(Stored data)
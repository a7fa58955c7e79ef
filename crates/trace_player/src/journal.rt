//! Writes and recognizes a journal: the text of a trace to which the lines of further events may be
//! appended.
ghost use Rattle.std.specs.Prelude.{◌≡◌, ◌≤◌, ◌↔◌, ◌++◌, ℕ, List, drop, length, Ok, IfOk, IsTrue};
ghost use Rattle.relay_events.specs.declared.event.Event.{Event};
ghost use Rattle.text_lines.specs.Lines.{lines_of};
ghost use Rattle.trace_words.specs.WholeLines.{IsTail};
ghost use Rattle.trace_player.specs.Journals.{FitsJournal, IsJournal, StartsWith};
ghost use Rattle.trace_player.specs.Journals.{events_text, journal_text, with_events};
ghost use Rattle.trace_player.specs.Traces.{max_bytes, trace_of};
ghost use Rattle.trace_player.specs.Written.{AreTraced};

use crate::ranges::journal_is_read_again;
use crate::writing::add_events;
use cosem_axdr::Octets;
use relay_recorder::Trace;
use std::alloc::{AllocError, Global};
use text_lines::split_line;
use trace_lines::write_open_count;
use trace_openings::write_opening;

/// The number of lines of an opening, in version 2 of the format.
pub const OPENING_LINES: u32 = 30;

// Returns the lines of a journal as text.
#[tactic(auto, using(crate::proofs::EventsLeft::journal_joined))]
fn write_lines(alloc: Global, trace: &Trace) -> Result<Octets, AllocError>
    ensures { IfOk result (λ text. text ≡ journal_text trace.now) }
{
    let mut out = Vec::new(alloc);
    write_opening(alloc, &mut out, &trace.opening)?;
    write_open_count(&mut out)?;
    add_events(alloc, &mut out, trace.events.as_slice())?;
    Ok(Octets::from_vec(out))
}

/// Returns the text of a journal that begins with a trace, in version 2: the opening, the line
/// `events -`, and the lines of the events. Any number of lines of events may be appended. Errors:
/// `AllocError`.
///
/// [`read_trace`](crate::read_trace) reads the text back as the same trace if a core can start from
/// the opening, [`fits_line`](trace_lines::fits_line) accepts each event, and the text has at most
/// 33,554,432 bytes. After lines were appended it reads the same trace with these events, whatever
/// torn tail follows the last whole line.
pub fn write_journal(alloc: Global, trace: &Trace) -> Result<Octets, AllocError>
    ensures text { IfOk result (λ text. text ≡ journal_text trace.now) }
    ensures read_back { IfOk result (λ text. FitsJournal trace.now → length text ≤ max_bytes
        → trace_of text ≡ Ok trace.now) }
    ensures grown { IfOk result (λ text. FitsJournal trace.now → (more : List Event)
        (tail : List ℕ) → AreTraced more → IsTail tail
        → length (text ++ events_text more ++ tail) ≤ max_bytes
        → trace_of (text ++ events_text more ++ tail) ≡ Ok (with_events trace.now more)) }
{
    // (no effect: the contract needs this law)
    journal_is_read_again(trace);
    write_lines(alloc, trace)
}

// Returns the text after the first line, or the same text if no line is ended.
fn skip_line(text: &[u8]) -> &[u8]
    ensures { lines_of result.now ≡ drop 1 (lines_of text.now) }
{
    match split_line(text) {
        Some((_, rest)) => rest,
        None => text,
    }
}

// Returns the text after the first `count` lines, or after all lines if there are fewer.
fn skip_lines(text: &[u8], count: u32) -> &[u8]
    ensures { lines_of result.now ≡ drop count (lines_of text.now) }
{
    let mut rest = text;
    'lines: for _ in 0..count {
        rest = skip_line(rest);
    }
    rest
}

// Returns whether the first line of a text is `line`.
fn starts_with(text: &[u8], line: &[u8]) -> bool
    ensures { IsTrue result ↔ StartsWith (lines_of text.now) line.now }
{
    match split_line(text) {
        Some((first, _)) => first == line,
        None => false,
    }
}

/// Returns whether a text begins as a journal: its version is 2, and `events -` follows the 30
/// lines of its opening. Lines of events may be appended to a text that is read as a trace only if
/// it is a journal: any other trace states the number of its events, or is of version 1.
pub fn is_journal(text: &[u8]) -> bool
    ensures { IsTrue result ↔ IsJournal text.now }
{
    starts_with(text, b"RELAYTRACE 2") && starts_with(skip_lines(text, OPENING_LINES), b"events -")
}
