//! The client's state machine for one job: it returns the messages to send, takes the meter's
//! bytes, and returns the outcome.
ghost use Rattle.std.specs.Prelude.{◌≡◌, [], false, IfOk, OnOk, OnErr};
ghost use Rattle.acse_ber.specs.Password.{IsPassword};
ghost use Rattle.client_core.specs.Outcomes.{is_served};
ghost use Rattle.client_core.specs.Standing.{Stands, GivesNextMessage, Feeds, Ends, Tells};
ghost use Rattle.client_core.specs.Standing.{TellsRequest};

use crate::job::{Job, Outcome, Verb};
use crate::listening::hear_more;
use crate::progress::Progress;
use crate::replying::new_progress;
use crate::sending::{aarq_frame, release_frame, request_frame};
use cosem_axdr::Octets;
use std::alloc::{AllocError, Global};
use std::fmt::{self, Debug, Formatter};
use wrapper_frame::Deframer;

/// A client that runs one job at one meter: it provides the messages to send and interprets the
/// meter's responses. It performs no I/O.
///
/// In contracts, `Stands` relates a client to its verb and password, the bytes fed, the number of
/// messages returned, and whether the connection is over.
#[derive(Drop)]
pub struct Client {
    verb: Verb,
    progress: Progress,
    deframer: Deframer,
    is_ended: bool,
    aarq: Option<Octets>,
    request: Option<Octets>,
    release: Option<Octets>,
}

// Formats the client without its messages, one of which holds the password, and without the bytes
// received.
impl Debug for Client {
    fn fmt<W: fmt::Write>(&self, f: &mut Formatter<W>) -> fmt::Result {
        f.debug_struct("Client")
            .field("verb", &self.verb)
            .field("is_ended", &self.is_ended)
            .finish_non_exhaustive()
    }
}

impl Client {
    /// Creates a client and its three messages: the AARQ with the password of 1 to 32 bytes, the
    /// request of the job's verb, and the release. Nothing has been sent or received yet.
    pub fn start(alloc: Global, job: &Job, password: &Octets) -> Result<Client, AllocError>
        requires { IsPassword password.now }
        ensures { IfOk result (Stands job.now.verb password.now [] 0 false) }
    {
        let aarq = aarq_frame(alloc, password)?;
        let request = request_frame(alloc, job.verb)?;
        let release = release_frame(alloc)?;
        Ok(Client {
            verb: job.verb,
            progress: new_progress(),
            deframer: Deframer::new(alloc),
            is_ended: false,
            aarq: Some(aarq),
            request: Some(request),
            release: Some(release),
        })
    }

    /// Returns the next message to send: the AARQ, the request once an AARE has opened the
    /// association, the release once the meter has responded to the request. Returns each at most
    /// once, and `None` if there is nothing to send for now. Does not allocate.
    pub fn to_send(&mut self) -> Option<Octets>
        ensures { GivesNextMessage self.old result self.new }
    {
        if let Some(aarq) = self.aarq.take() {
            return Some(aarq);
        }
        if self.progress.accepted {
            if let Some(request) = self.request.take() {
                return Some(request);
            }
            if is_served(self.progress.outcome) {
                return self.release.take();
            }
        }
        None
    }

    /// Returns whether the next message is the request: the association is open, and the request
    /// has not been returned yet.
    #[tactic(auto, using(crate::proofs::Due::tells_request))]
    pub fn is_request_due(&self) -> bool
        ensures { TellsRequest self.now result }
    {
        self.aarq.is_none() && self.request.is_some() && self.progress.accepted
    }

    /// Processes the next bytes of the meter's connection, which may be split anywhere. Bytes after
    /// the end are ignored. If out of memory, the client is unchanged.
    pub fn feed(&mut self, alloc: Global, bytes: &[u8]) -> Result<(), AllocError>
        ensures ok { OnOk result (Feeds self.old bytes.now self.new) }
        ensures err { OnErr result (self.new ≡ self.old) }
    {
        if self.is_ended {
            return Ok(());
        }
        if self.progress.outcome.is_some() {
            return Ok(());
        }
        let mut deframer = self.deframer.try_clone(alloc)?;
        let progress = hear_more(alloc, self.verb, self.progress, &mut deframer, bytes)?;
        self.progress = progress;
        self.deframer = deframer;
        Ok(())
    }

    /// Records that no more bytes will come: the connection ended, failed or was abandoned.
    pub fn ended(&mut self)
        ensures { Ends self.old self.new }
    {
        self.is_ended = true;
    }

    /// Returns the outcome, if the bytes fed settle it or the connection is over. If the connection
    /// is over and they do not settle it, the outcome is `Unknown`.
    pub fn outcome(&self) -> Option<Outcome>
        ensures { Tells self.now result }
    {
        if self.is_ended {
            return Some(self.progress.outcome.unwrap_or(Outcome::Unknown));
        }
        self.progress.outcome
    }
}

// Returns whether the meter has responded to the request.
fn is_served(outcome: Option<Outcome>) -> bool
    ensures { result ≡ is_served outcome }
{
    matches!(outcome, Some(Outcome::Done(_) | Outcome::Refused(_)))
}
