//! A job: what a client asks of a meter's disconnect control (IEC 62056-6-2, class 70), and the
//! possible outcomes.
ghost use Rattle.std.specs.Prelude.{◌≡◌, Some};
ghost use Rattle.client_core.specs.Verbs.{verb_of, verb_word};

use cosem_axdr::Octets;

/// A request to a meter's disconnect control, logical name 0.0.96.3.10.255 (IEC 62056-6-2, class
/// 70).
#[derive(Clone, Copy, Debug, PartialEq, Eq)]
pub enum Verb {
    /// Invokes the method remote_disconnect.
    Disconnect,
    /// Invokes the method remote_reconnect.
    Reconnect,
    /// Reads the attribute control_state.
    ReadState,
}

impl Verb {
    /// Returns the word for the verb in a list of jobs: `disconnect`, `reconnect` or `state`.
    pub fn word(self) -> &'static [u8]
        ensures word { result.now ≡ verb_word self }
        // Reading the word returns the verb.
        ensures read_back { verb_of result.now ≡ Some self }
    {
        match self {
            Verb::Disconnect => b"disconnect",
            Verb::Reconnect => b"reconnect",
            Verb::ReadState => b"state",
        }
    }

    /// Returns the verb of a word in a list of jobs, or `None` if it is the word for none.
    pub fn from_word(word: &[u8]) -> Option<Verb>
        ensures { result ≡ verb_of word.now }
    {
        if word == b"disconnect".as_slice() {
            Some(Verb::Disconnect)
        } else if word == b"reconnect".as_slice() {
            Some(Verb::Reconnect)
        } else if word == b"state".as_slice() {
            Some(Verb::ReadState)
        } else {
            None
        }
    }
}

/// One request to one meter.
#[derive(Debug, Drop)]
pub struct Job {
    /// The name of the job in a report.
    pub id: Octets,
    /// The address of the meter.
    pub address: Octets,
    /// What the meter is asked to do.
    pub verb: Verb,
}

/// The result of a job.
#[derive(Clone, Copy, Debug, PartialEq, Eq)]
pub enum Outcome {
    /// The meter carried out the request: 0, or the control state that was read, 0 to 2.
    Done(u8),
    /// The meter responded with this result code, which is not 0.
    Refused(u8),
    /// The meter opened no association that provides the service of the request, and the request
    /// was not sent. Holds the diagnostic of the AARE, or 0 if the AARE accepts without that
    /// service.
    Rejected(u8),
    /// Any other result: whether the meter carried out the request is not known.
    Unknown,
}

PROBLEM DESCRIPTION — Every line that contains the string "tactic" should be returned from the data.

ANSWER FOR THIS EXERCISE —
#[tactic(auto, using(crate::proofs::EventsLeft::journal_joined))]
    #[tactic(auto, using(crate::proofs::Due::tells_request))]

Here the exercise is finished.